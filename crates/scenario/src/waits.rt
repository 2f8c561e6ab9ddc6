//! The calls of a session that has to wait, or that waits, over any board, and what it is told.
ghost use Rattle.std.specs.Prelude.{IfOk, IfErr};
ghost use Rattle.lock_manager.specs.WaitingSessions.{WaitsOn};
ghost use Rattle.scenario.specs.Waits.{GivesUp, GoesOn, IsBegun, IsQueued, LooksOn, TellsBlocked};

use crate::answers::Said;
use lock_manager::{
    Acquired, Blocked, Cancelled, Mode, OwnSession, OwnWaiting, Owner, Polled, Refusal, Started,
    Tag,
};
use lock_table::PartTable;
use shared_rule::Board;
use std::sync::Wait;

/// Has `session` ask for `mode` on `tag` for `owner`, and wait where it must. The result is the session with
/// what it is answered, or the session that waits.
pub fn begin<T: PartTable, B: Board<T>, H: Wait>(
    rt: &H,
    session: OwnSession<T, B>,
    tag: Tag,
    mode: Mode,
    owner: Owner,
) -> Result<(OwnSession<T, B>, Said), OwnWaiting<T, B>>
    ensures begun { IfOk result (λ it. IsBegun B.seat B.view B.stack session tag mode owner it.1 it.0) }
    ensures queued { IfErr result (IsQueued B.seat B.view B.stack session tag mode owner) }
{
    match session.start(rt, tag, mode, owner) {
        Started::Granted(session) => Ok((session, Said::Acquired(Acquired::Granted))),
        Started::AlreadyHeld(session) => Ok((session, Said::Acquired(Acquired::AlreadyHeld))),
        Started::Queued(waiting) => Err(waiting),
        Started::Refused(session, refusal) => Ok((session, Said::Refused(refusal))),
    }
}

/// Polls the wait `waiting`, and carries a cancel out that was asked for. The result is the session that
/// waits no more with what it is answered, or the wait that goes on.
pub fn poll_wait<T: PartTable, B: Board<T>, H: Wait>(
    rt: &H,
    waiting: OwnWaiting<T, B>,
) -> Result<(OwnSession<T, B>, Said), OwnWaiting<T, B>>
    ensures goes_on { IfOk result (λ seen. GoesOn B.seat B.view B.stack waiting seen.1 seen.0) }
    ensures looks_on { IfErr result (LooksOn B.seat B.view B.stack waiting) }
{
    match waiting.poll() {
        Polled::Still(waiting) => Err(waiting),
        Polled::Granted(session) => Ok((session, Said::GrantedAfterWaiting)),
        Polled::CancelAsked(waiting) => match cancel(rt, waiting) {
            (session, true) => Ok((session, Said::GrantedAfterWaiting)),
            (session, false) => Ok((session, Said::Cancelled)),
        },
    }
}

/// The wait of the session `waiting` with those in its way, as the session says itself. Refused where there
/// is no memory for the list.
pub fn tell_blocked<T: PartTable, B: Board<T>, H: Wait>(
    rt: &H,
    waiting: &mut OwnWaiting<T, B>,
) -> Result<Blocked, Refusal>
    ensures told { IfOk result (TellsBlocked B.seat B.view B.stack waiting.old waiting.new) }
    ensures waits { WaitsOn B.seat B.view B.stack waiting.old waiting.new }
{
    let blockers = waiting.blockers(rt)?;
    Ok(Blocked {
        session: waiting.id(),
        tag: waiting.tag(),
        mode: waiting.mode(),
        blockers,
    })
}

/// Gives the wait `waiting` up. The result is its session, and whether the lock was granted before that.
pub fn cancel<T: PartTable, B: Board<T>, H: Wait>(
    rt: &H,
    waiting: OwnWaiting<T, B>,
) -> (OwnSession<T, B>, bool)
    ensures { GivesUp B.seat B.view B.stack waiting result.1 result.0 }
{
    match waiting.cancel(rt) {
        Cancelled::Removed(session) => (session, false),
        Cancelled::WasGranted(session) => (session, true),
    }
}
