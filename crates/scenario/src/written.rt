//! What is written of all that is heard.
ghost use Rattle.std.specs.Prelude.{List, IfSome};
ghost use Rattle.std.specs.Io.KnownBytes.{Appends};
ghost use Rattle.scenario.specs.Heard.{Heard, HearsAll};
ghost use Rattle.scenario.specs.Printed.{Prints};
ghost use Rattle.scenario.specs.Written.{text_of_all};

use crate::output::Output;
use std::io::Write;

/// What an output has heard, one after another, is written to its writer in that order, where the text of all
/// of it is stated.
pub fn what_is_heard_is_written<W: Write + Drop>()
    ensures { (old new : Output W) (heard : List Heard) → HearsAll (Prints W.contents) old heard new →
        IfSome (text_of_all old.form old.is_echoing old.line heard)
        (Appends (W.contents old.writer) (W.contents new.writer)) }
{}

**WHAT YOU ARE ASKED TO DO:** Include both ends. Return the line holding "-> Result<Blocked, Refusal>" and all lines after it in the records above, exactly as written.

**EXERCISE RESPONSE:**
) -> Result<Blocked, Refusal>
    ensures told { IfOk result (TellsBlocked B.seat B.view B.stack waiting.old waiting.new) }
    ensures waits { WaitsOn B.seat B.view B.stack waiting.old waiting.new }
{
    let blockers = waiting.blockers(rt)?;
    Ok(Blocked {
        session: waiting.id(),
        tag: waiting.tag(),
        mode: waiting.mode(),
        blockers,
    })
}

/// Gives the wait `waiting` up. The result is its session, and whether the lock was granted before that.
pub fn cancel<T: PartTable, B: Board<T>, H: Wait>(
    rt: &H,
    waiting: OwnWaiting<T, B>,
) -> (OwnSession<T, B>, bool)
    ensures { GivesUp B.seat B.view B.stack waiting result.1 result.0 }
{
    match waiting.cancel(rt) {
        Cancelled::Removed(session) => (session, false),
        Cancelled::WasGranted(session) => (session, true),
    }
}
filename crates/scenario/src/written.rt
//! What is written of all that is heard.
ghost use Rattle.std.specs.Prelude.{List, IfSome};
ghost use Rattle.std.specs.Io.KnownBytes.{Appends};
ghost use Rattle.scenario.specs.Heard.{Heard, HearsAll};
ghost use Rattle.scenario.specs.Printed.{Prints};
ghost use Rattle.scenario.specs.Written.{text_of_all};

use crate::output::Output;
use std::io::Write;

/// What an output has heard, one after another, is written to its writer in that order, where the text of all
/// of it is stated.
pub fn what_is_heard_is_written<W: Write + Drop>()
    ensures { (old new : Output W) (heard : List Heard) → HearsAll (Prints W.contents) old heard new →
        IfSome (text_of_all old.form old.is_echoing old.line heard)
        (Appends (W.contents old.writer) (W.contents new.writer)) }
{}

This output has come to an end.